The problem →
Output every line below without omitting or altering anything.

Source material →
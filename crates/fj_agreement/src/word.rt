//! The atomic word of a pair, the loads of it, and what the seats on it know.
//!
//! The word is 0 and stays 0. What an end knows is the view of its seat on the word. A view changes only at a step on the word: so each
//! change, and each comparison of two views, is one load.
//!
//! A view is a list: the value, once for each end that the seat has. The invariant: all entries of all views are one value, and there are
//! two of them. To meet or to agree puts both into one seat:
//!
//! | Load | The one seat | The other seat | What is learnt, or why it keeps the invariant |
//! |---|---|---|---|
//! | | v | w | |
//! | `Spare`: a new seat without a value is split off, and replaces the other one | v | | |
//! | `Together`: the other seat, which was taken out, is joined to the one | v w | | |
//! | `Meet`, if they meet | v w | | v and w are the same, by the invariant |
//! | `Half`: split in two again | v | w | |
//! | `Anew`, if they agree: both get a new value | a | a | the one seat had both values, so no other seat has any |
use crate::values::{Agreed, Known};
use atomic_table::{Join, Play, Seat, Shared, Split, Table, TableRule};
use std::alloc::Global;
use std::collections::LinkedList;
use std::marker::PhantomData;

/// What a seat knows: the value, once for each end that it has. It exists in proofs alone: no list is made.
pub type Knowledge<V> = LinkedList<V>;

/// The invariant over what all seats know.
pub struct AgreementRule;

impl<V: Known> TableRule<(), Knowledge<V>, ()> for AgreementRule {
    ghost use Rattle.std.specs.Prelude.{[], ◌∷◌};
    ghost use Rattle.fj_agreement.specs.Rule.{IsAgreed};

    ghost holds = { λ _. IsAgreed };

    // The first seat has both ends.
    ghost first = { λ _. V.first ∷ V.first ∷ [] };
}

/// The word. It needs no slots beside it.
pub type Word<V> = Table<(), Knowledge<V>, (), AgreementRule, Global>;

/// The part of the word that has the loads.
pub type Loads<V> = Shared<(), Knowledge<V>, (), AgreementRule>;

/// The right to step on the word, with what its holder knows. It has no bytes.
pub type Token<V> = Seat<(), Knowledge<V>>;

/// A load by which a seat learns that all it knows is one value.
pub struct Meet;

impl<V> Play<(), Knowledge<V>> for Meet {
    ghost use Rattle.fj_agreement.specs.Rule.{Meets};

    ghost then = { Meets };
}

/// A seat that knows nothing is split off.
pub struct Spare;

impl<V> Split<Knowledge<V>> for Spare {
    ghost use Rattle.std.specs.Prelude.{[]};

    ghost left = { λ known. known };

    ghost right = { λ _. [] };
}

/// A seat takes over what another one knows.
pub struct Together;

impl<V> Join<Knowledge<V>> for Together {
    ghost use Rattle.std.specs.Prelude.{[], ◌++◌};

    ghost both = { λ known more. known ++ more };

    ghost spent = { [] };
}

/// A seat with both ends keeps the first value, and a new one gets the other.
pub struct Half;

impl<V> Split<Knowledge<V>> for Half {
    ghost use Rattle.std.specs.Prelude.{take, drop};

    ghost left = { λ known. take 1 known };

    ghost right = { λ known. drop 1 known };
}

/// A seat with both ends gets a new value, and so does a new seat.
pub struct Anew<A> {
    value: PhantomData<A>,
}

impl<V, A: Agreed<V>> Split<Knowledge<V>> for Anew<A> {
    ghost use Rattle.std.specs.Prelude.{[], ◌∷◌};

    ghost left = { λ _. A.value ∷ [] };

    ghost right = { λ _. A.value ∷ [] };
}
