//! What ends know, and how they agree on it.

/// A type whose values the ends of a pair may know. No such value is ever made: it exists in proofs alone.
pub trait Known {
    /// What the ends of a new pair know.
    ghost first: { Self };
}

/// A value to agree on. A caller picks it when it passes `Brand` for a type parameter with this bound.
pub trait Agreed<V> {
    /// The value.
    ghost value: { V };
}

/// A type of the program whose values each have a value to agree on, as a hand has what it holds.
pub trait Tells<V> {
    /// The value to agree on.
    ghost told: { Self → V };
}
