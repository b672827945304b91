//! Two ends that know the same value, which exists in proofs alone. One end may be guarded by a lock, while a thread has the other.
//!
//! ```
//! // Both know `Holding::first`. A lock guards one, a worker gets the other.
//! let (kept, own) = pair::<Holding>(alloc)?;
//! // With the lock: the guarded state and the worker's hand agree, whatever was done since.
//! own.meet(&mut guard.end);
//! hand.push(t, body);
//! // Now both know what the hand holds.
//! own.agree_on(&mut guard.end, &hand);
//! ```
//!
//! A contract sees an [`End`] as its pair, and the value that it knows. A value changes only if one caller has both ends, and then for
//! both: so what the owner of an end knows stays true, whatever other threads do.
//!
//! No value is made or moved: a call makes three or four loads of a word that never changes, and writes nothing.
#![tactic(auto)]

mod chosen;
mod end;
mod new_pair;
mod values;
mod word;

pub use end::End;
pub use new_pair::pair;
pub use values::{Agreed, Known, Tells};
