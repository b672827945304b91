ghost use Rattle.std.specs.Prelude.{◌≡◌, IfOk};

use crate::end::End;
use crate::values::Known;
use crate::word::{Half, Word};
use fj_rules::OutOfMemory;
use std::alloc::Global;
use std::sync::Arc;

/// The two ends of a new pair. Both know the first value of their type. Java has no counterpart.
///
/// `OutOfMemory` if an allocation fails, and no other error. No other call of this crate allocates.
pub fn pair<V: Known>(alloc: Global) -> Result<(End<V>, End<V>), OutOfMemory>
    ensures pair { IfOk result (λ r. r.0.pair ≡ r.1.pair) }
    ensures first { IfOk result (λ r. (r.0.value ≡ V.first) × (r.1.value ≡ V.first)) }
{
    let (word, mut token) = Word::<V>::of_words(alloc, &[0], &())?;
    let table = Arc::new(alloc, word)?;
    let other_table = Arc::try_clone(&table)?;
    let other_token = table.shared.split_seat::<Half>(&mut token);
    Ok((
        End { table, token },
        End {
            table: other_table,
            token: other_token,
        },
    ))
}
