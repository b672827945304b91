//! How a call picks a value to agree on, by an argument that has it.
use crate::values::{Agreed, Known};
use std::marker::{Brand, PhantomData};

/// A value to agree on, or none: a call can pick only over an impl without bounds, which does not have a value of every type.
pub trait Chosen<V> {
    ghost use Rattle.std.specs.Prelude.{Option};

    /// That value.
    ghost chosen: { Option V };
}

impl<V> Chosen<V> for Brand {
    ghost use Rattle.std.specs.Prelude.{None};

    ghost chosen = { None };
}

/// The value that was chosen.
pub struct TheChosen<C> {
    of: PhantomData<C>,
}

impl<V: Known, C: Chosen<V>> Agreed<V> for TheChosen<C> {
    ghost use Rattle.std.specs.Option.{unwrap_or};

    ghost value = { unwrap_or C.chosen V.first };
}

Answer to this problem →
filename crates/fj_agreement/src/word.rt
//! The atomic word of a pair, the loads of it, and what the seats on it know.
//!
//! The word is 0 and stays 0. What an end knows is the view of its seat on the word. A view changes only at a step on the word: so each
//! change, and each comparison of two views, is one load.
//!
//! A view is a list: the value, once for each end that the seat has. The invariant: all entries of all views are one value, and there are
//! two of them. To meet or to agree puts both into one seat:
//!
//! | Load | The one seat | The other seat | What is learnt, or why it keeps the invariant |
//! |---|---|---|---|
//! | | v | w | |
//! | `Spare`: a new seat without a value is split off, and replaces the other one | v | | |
//! | `Together`: the other seat, which was taken out, is joined to the one | v w | | |
//! | `Meet`, if they meet | v w | | v and w are the same, by the invariant |
//! | `Half`: split in two again | v | w | |
//! | `Anew`, if they agree: both get a new value | a | a | the one seat had both values, so no other seat has any |
use crate::values::{Agreed, Known};
use atomic_table::{Join, Play, Seat, Shared, Split, Table, TableRule};
use std::alloc::Global;
use std::collections::LinkedList;
use std::marker::PhantomData;

/// What a seat knows: the value, once for each end that it has. It exists in proofs alone: no list is made.
pub type Knowledge<V> = LinkedList<V>;

/// The invariant over what all seats know.
pub struct AgreementRule;

impl<V: Known> TableRule<(), Knowledge<V>, ()> for AgreementRule {
    ghost use Rattle.std.specs.Prelude.{[], ◌∷◌};
    ghost use Rattle.fj_agreement.specs.Rule.{IsAgreed};

    ghost holds = { λ _. IsAgreed };

    // The first seat has both ends.
    ghost first = { λ _. V.first ∷ V.first ∷ [] };
}

/// The word. It needs no slots beside it.
pub type Word<V> = Table<(), Knowledge<V>, (), AgreementRule, Global>;

/// The part of the word that has the loads.
pub type Loads<V> = Shared<(), Knowledge<V>, (), AgreementRule>;

/// The right to step on the word, with what its holder knows. It has no bytes.
pub type Token<V> = Seat<(), Knowledge<V>>;

/// A load by which a seat learns that all it knows is one value.
pub struct Meet;

impl<V> Play<(), Knowledge<V>> for Meet {
    ghost use Rattle.fj_agreement.specs.Rule.{Meets};

    ghost then = { Meets };
}

/// A seat that knows nothing is split off.
pub struct Spare;

impl<V> Split<Knowledge<V>> for Spare {
    ghost use Rattle.std.specs.Prelude.{[]};

    ghost left = { λ known. known };

    ghost right = { λ _. [] };
}

/// A seat takes over what another one knows.
pub struct Together;

impl<V> Join<Knowledge<V>> for Together {
    ghost use Rattle.std.specs.Prelude.{[], ◌++◌};

    ghost both = { λ known more. known ++ more };

    ghost spent = { [] };
}

/// A seat with both ends keeps the first value, and a new one gets the other.
pub struct Half;

impl<V> Split<Knowledge<V>> for Half {
    ghost use Rattle.std.specs.Prelude.{take, drop};

    ghost left = { λ known. take 1 known };

    ghost right = { λ known. drop 1 known };
}

/// A seat with both ends gets a new value, and so does a new seat.
pub struct Anew<A> {
    value: PhantomData<A>,
}

impl<V, A: Agreed<V>> Split<Knowledge<V>> for Anew<A> {
    ghost use Rattle.std.specs.Prelude.{[], ◌∷◌};

    ghost left = { λ _. A.value ∷ [] };

    ghost right = { λ _. A.value ∷ [] };
}
//! What ends know, and how they agree on it.

/// A type whose values the ends of a pair may know. No such value is ever made: it exists in proofs alone.
pub trait Known {
    /// What the ends of a new pair know.
    ghost first: { Self };
}

/// A value to agree on. A caller picks it when it passes `Brand` for a type parameter with this bound.
pub trait Agreed<V> {
    /// The value.
    ghost value: { V };
}

/// A type of the program whose values each have a value to agree on, as a hand has what it holds.
pub trait Tells<V> {
    /// The value to agree on.
    ghost told: { Self → V };
}
repository b672827945304b91
//! Two ends that know the same value, which exists in proofs alone. One end may be guarded by a lock, while a thread has the other.
//!
//! ```
//! // Both know `Holding::first`. A lock guards one, a worker gets the other.
//! let (kept, own) = pair::<Holding>(alloc)?;
//! // With the lock: the guarded state and the worker's hand agree, whatever was done since.
//! own.meet(&mut guard.end);
//! hand.push(t, body);
//! // Now both know what the hand holds.
//! own.agree_on(&mut guard.end, &hand);
//! ```
//!
//! A contract sees an [`End`] as its pair, and the value that it knows. A value changes only if one caller has both ends, and then for
//! both: so what the owner of an end knows stays true, whatever other threads do.
//!
//! No value is made or moved: a call makes three or four loads of a word that never changes, and writes nothing.
#![tactic(auto)]

mod chosen;
mod end;
mod new_pair;
mod values;
mod word;

pub use end::End;
pub use new_pair::pair;
pub use values::{Agreed, Known, Tells};
repository b672827945304b91
ghost use Rattle.std.specs.Prelude.{◌≡◌, IfOk};

use crate::end::End;
use crate::values::Known;
use crate::word::{Half, Word};
use fj_rules::OutOfMemory;
use std::alloc::Global;
use std::sync::Arc;

/// The two ends of a new pair. Both know the first value of their type. Java has no counterpart.
///
/// `OutOfMemory` if an allocation fails, and no other error. No other call of this crate allocates.
pub fn pair<V: Known>(alloc: Global) -> Result<(End<V>, End<V>), OutOfMemory>
    ensures pair { IfOk result (λ r. r.0.pair ≡ r.1.pair) }
    ensures first { IfOk result (λ r. (r.0.value ≡ V.first) × (r.1.value ≡ V.first)) }
{
    let (word, mut token) = Word::<V>::of_words(alloc, &[0], &())?;
    let table = Arc::new(alloc, word)?;
    let other_table = Arc::try_clone(&table)?;
    let other_token = table.shared.split_seat::<Half>(&mut token);
    Ok((
        End { table, token },
        End {
            table: other_table,
            token: other_token,
        },
    ))
}
repository b672827945304b91
//! How a call picks a value to agree on, by an argument that has it.
use crate::values::{Agreed, Known};
use std::marker::{Brand, PhantomData};

/// A value to agree on, or none: a call can pick only over an impl without bounds, which does not have a value of every type.
pub trait Chosen<V> {
    ghost use Rattle.std.specs.Prelude.{Option};

    /// That value.
    ghost chosen: { Option V };
}

impl<V> Chosen<V> for Brand {
    ghost use Rattle.std.specs.Prelude.{None};

    ghost chosen = { None };
}

/// The value that was chosen.
pub struct TheChosen<C> {
    of: PhantomData<C>,
}

impl<V: Known, C: Chosen<V>> Agreed<V> for TheChosen<C> {
    ghost use Rattle.std.specs.Option.{unwrap_or};

    ghost value = { unwrap_or C.chosen V.first };
}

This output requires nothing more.